For the word "page", state how many lines below contain it. Give no other text.
☆ ☆ ☆ ☆ ☆ ☆ ☆
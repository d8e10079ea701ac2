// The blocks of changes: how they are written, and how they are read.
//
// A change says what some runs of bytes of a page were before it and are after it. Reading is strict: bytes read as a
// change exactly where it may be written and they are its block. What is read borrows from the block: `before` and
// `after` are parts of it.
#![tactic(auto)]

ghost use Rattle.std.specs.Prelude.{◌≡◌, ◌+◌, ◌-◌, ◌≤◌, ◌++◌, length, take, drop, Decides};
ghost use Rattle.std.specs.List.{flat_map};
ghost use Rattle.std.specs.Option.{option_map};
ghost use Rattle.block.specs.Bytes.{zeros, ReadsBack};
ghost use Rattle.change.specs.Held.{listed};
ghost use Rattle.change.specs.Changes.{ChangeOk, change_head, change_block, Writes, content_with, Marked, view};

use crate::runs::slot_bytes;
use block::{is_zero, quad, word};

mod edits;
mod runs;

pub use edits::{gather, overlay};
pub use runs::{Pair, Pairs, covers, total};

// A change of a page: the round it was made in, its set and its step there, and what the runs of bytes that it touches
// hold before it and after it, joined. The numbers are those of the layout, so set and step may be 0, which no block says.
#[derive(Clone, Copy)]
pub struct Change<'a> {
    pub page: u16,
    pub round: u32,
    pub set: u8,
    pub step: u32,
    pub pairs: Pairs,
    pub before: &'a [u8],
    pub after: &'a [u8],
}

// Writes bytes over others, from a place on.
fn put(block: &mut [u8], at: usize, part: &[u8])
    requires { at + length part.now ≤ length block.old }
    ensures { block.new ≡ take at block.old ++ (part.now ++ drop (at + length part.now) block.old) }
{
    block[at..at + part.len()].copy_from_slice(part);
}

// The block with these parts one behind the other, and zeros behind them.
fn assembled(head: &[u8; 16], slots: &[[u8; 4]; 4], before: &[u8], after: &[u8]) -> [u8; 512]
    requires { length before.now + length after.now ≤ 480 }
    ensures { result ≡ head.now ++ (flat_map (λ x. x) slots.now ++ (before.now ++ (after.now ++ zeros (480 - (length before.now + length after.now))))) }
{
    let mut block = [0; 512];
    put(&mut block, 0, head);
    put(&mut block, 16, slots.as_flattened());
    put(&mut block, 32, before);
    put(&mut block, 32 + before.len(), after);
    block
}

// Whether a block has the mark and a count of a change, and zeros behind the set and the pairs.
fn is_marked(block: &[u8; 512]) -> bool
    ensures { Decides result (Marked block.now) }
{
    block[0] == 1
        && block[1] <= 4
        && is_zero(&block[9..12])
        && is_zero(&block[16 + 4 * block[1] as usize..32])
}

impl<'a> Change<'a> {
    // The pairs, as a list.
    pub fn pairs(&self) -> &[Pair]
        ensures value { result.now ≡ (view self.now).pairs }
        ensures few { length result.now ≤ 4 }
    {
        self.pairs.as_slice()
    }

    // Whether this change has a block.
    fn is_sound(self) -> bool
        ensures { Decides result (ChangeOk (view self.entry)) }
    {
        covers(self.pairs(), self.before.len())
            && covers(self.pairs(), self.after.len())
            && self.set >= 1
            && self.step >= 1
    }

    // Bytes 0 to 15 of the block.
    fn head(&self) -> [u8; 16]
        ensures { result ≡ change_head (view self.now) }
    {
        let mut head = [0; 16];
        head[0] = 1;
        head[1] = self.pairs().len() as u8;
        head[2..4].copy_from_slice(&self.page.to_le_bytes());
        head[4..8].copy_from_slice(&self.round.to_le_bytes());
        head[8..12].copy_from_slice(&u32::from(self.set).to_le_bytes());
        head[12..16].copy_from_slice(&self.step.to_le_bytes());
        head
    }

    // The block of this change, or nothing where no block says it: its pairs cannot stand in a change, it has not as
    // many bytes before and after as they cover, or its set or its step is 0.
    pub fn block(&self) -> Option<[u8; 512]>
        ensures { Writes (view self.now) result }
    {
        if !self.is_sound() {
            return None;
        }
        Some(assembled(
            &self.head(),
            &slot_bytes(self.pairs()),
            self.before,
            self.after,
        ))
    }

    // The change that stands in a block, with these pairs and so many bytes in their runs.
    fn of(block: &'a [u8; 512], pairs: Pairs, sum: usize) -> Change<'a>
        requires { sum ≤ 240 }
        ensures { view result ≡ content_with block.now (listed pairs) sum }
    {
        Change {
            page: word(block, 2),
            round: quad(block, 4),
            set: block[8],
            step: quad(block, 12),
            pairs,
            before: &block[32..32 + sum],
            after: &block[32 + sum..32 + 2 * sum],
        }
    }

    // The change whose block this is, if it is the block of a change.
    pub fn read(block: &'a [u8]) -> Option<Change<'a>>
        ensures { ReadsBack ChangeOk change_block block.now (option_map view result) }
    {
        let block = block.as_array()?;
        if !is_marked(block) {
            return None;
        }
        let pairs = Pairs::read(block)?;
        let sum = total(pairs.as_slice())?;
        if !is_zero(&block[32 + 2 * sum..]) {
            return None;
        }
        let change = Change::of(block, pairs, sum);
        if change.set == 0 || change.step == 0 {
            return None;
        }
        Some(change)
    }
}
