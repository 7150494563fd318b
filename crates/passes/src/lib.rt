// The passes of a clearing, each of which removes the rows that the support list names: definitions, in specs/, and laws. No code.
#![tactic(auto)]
☆ ☆ ☆ ☆ ☆ ☆ ☆
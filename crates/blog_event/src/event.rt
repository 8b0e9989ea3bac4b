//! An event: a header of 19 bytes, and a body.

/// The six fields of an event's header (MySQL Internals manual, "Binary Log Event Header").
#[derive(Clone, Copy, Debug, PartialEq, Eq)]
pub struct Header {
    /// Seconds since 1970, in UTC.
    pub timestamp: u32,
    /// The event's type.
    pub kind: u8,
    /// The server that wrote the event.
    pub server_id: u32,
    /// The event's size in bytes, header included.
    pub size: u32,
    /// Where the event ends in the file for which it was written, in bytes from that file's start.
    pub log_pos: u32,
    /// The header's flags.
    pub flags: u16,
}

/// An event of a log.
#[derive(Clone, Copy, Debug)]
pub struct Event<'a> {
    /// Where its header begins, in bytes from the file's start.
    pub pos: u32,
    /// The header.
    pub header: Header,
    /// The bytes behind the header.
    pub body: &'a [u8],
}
☆ ☆ ☆ ☆ ☆ ☆ ☆
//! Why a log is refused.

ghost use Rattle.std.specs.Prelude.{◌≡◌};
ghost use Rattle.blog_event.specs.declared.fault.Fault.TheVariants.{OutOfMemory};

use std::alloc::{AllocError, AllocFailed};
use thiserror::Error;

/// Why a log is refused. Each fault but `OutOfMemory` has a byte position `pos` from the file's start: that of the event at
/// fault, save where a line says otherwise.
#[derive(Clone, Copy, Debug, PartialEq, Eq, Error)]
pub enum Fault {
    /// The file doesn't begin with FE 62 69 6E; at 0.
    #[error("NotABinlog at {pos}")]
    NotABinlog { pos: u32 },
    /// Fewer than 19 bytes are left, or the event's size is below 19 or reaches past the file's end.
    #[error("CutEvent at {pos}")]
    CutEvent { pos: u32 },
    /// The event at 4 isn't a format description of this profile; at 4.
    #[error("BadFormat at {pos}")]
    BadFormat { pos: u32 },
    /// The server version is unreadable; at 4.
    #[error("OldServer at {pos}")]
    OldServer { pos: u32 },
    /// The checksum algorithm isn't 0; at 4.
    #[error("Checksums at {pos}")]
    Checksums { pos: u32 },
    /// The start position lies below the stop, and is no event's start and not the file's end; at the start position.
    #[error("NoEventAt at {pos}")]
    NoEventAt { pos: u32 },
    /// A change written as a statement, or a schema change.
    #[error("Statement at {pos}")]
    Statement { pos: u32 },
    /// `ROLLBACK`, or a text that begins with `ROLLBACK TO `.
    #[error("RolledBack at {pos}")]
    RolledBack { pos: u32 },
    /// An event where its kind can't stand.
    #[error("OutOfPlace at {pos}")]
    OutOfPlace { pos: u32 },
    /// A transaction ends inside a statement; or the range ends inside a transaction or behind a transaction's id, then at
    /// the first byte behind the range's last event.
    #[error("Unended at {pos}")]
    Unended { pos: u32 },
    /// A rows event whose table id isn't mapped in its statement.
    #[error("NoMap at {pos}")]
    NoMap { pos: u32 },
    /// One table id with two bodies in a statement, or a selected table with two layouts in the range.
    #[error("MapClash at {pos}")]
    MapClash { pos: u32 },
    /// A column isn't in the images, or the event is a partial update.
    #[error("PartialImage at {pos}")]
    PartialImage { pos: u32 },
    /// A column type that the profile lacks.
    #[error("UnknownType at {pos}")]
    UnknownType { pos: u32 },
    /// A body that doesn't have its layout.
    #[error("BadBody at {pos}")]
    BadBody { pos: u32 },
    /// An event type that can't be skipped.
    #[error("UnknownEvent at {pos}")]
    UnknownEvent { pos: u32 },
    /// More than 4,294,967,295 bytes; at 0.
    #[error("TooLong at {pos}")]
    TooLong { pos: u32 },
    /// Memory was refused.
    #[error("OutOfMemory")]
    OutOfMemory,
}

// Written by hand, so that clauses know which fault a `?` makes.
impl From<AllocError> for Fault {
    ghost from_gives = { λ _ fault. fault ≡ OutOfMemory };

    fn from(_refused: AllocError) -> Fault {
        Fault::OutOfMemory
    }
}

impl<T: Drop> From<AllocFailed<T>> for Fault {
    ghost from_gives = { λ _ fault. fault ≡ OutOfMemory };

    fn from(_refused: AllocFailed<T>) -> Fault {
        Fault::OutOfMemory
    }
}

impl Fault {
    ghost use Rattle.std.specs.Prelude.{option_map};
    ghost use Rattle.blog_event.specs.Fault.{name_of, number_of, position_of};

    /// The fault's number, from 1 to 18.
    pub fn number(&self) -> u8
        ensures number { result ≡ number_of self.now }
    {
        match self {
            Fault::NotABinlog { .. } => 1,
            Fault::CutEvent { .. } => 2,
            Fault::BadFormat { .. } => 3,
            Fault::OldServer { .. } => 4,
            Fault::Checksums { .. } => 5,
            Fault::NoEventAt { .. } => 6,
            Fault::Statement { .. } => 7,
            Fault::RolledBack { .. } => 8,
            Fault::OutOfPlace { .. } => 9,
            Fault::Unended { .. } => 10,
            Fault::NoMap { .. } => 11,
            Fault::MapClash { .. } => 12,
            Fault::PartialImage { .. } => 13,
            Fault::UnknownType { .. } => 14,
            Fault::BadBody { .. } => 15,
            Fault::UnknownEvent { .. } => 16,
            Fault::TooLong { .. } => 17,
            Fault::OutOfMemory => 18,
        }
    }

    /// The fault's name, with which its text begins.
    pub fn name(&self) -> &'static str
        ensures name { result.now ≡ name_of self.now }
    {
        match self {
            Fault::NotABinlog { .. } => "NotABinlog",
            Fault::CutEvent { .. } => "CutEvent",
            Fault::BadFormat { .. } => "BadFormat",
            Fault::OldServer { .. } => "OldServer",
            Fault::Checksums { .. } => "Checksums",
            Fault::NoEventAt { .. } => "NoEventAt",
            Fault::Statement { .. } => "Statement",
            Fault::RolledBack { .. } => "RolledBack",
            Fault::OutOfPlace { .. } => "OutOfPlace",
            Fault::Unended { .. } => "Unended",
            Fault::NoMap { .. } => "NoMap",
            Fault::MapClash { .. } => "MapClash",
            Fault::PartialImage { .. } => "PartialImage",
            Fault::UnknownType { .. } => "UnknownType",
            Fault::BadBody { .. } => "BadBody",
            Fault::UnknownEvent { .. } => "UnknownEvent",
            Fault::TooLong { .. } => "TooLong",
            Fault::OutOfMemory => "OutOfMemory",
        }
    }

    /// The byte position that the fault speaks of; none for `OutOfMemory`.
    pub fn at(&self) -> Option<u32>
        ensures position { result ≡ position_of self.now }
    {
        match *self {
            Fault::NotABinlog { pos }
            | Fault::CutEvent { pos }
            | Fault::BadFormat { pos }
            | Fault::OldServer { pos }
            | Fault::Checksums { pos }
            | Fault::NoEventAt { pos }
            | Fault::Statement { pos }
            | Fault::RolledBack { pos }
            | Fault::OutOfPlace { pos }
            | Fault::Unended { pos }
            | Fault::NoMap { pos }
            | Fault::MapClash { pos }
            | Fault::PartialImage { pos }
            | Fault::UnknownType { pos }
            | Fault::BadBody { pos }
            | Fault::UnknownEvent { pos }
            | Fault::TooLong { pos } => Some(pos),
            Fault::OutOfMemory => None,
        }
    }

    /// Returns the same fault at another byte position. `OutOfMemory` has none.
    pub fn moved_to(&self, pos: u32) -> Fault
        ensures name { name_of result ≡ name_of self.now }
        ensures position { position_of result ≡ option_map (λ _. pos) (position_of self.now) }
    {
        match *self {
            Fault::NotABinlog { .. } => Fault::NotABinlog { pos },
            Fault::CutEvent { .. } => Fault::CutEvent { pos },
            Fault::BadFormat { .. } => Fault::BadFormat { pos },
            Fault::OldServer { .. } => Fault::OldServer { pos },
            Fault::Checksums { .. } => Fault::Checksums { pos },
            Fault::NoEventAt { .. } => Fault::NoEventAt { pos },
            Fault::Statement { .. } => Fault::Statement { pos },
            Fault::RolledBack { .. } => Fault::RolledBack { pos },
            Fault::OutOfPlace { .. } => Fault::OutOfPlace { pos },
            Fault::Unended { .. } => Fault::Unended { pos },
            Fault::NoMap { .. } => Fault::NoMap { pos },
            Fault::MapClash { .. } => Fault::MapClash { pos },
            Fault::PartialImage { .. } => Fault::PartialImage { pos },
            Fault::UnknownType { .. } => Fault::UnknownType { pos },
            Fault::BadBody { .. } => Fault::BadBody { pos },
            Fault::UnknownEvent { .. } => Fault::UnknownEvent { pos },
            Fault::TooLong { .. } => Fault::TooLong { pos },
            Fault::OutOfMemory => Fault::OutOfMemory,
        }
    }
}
☆ ☆ ☆ ☆ ☆ ☆ ☆
(Result for this task) 5